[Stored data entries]
==================================================

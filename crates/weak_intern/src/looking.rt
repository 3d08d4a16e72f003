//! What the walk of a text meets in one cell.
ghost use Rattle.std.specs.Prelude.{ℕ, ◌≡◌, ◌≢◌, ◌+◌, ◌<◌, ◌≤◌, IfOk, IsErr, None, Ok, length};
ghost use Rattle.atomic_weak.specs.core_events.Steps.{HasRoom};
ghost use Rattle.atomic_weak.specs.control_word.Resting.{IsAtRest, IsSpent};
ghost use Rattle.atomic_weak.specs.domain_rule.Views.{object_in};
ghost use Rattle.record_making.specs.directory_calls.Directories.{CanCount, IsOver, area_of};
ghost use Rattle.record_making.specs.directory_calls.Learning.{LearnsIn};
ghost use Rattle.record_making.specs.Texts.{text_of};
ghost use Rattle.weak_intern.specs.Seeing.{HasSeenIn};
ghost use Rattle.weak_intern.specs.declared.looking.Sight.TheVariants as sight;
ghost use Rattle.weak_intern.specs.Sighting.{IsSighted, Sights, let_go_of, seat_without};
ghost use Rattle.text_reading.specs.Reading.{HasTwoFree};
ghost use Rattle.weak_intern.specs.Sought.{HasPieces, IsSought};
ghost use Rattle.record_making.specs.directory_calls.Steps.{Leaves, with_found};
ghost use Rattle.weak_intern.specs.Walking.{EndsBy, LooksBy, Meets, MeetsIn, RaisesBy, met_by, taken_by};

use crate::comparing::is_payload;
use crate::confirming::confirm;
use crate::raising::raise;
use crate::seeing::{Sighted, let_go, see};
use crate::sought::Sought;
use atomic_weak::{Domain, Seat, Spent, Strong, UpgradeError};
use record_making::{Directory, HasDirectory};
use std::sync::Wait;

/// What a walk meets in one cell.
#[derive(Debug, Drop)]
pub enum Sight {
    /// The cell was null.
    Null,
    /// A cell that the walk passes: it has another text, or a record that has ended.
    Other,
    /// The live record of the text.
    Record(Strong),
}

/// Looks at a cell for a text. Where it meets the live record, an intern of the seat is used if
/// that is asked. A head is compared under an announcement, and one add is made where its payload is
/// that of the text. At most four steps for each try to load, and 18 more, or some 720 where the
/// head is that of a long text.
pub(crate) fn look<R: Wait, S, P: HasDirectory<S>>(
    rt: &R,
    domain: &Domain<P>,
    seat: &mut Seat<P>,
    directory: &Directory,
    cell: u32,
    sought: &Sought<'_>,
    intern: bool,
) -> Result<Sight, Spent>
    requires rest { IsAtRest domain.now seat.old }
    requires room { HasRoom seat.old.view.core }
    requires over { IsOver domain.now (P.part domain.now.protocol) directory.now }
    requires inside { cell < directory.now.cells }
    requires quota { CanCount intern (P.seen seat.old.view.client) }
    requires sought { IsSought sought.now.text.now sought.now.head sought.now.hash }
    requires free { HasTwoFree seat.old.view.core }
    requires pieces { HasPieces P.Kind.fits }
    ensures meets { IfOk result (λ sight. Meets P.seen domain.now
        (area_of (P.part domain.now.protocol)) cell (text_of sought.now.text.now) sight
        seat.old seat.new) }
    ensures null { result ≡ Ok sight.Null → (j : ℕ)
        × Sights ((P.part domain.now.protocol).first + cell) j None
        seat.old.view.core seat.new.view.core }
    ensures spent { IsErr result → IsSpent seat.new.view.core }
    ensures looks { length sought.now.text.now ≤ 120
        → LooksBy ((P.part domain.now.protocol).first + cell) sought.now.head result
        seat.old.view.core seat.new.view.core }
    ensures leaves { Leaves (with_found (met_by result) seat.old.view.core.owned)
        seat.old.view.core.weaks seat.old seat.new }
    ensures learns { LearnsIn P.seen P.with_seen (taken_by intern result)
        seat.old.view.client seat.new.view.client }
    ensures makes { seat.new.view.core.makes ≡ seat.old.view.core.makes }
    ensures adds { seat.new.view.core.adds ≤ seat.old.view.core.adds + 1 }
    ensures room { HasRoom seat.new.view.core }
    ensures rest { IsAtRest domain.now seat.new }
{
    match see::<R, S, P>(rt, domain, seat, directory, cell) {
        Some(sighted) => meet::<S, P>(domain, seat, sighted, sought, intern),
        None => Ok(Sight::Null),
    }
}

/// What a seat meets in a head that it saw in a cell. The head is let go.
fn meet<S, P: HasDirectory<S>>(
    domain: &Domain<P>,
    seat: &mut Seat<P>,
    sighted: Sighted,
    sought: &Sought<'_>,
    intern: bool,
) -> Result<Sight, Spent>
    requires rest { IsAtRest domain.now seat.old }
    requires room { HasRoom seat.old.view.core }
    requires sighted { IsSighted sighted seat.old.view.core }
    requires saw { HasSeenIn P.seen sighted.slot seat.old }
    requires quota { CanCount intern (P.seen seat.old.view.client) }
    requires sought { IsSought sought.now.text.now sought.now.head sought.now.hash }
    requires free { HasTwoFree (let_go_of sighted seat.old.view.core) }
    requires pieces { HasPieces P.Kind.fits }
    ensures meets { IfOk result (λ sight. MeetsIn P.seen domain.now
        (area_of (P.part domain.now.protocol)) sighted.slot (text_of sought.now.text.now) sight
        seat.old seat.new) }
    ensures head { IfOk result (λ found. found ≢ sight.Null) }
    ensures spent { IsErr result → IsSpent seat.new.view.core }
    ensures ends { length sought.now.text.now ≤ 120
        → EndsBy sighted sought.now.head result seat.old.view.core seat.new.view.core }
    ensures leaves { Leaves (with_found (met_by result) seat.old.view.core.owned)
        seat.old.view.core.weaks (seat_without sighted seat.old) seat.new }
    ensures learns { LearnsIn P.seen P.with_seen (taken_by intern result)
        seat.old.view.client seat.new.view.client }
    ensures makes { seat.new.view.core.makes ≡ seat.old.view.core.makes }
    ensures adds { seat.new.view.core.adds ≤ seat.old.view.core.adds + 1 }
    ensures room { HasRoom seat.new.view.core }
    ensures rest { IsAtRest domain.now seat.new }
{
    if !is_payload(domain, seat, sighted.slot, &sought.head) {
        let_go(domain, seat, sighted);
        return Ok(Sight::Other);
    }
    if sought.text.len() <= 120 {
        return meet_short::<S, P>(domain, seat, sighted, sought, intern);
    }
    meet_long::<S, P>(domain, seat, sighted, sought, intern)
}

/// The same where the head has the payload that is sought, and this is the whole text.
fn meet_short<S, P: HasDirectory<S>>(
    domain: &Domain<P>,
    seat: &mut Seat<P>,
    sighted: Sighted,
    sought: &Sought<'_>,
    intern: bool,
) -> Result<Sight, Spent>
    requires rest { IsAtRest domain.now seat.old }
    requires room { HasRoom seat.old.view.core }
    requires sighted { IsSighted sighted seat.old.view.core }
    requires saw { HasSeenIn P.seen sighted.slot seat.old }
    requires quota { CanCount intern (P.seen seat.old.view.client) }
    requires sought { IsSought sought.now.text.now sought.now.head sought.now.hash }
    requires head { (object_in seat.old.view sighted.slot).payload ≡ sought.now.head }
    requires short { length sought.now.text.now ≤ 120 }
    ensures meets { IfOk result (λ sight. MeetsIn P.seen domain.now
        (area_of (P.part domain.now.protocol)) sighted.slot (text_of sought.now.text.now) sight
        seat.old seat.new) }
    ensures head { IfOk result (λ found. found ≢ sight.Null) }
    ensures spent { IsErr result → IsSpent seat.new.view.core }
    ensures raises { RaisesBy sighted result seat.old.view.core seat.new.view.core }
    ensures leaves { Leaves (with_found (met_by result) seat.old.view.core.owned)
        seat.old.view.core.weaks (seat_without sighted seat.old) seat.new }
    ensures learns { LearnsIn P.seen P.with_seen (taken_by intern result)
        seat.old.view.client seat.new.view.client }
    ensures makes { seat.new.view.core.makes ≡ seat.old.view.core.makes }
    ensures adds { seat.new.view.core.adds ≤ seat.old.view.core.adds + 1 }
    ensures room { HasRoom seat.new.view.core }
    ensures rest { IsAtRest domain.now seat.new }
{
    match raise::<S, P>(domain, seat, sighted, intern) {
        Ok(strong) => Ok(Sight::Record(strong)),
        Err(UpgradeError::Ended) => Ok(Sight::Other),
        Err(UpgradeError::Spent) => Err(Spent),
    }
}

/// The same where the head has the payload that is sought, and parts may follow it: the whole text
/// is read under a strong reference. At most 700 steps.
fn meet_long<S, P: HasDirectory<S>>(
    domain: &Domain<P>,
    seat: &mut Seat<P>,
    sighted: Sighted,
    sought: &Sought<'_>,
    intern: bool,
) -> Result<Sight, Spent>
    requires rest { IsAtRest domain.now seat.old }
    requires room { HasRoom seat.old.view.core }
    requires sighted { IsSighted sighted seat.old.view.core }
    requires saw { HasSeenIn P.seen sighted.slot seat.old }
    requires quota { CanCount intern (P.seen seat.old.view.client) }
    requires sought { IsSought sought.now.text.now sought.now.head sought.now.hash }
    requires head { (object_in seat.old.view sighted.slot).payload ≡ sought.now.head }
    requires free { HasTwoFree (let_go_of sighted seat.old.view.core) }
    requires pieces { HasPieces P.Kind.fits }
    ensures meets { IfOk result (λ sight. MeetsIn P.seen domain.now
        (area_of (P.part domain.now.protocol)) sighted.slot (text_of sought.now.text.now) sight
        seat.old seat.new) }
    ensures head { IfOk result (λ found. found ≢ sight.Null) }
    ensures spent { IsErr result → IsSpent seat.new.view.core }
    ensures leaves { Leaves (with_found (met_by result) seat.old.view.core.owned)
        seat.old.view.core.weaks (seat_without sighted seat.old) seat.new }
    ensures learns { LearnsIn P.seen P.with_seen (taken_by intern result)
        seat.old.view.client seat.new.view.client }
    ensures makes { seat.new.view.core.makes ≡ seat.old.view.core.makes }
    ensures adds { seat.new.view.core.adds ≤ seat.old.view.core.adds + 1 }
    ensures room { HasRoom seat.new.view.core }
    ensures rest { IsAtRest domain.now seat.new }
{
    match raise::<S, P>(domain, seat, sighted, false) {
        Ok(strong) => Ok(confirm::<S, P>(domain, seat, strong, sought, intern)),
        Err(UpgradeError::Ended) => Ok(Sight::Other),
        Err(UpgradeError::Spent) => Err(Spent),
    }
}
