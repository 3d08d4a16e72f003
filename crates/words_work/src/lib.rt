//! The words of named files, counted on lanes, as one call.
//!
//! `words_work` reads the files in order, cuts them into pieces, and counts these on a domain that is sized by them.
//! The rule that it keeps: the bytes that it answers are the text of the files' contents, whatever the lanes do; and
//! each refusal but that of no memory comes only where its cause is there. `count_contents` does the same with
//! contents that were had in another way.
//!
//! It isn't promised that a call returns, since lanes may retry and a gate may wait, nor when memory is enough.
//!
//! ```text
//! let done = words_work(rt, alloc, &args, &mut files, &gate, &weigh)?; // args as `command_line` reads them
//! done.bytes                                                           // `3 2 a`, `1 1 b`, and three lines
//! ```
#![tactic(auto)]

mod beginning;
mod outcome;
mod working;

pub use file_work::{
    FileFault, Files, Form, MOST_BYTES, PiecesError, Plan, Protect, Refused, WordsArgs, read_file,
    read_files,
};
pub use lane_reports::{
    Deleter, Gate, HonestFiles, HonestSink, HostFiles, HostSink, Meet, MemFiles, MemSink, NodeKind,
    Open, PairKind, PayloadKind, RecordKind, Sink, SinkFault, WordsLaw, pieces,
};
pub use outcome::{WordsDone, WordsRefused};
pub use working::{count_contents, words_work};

==================================================

Exercise: Some lines of the records above contain the word "another". How many are there? Reply with the number alone.

The answer: 2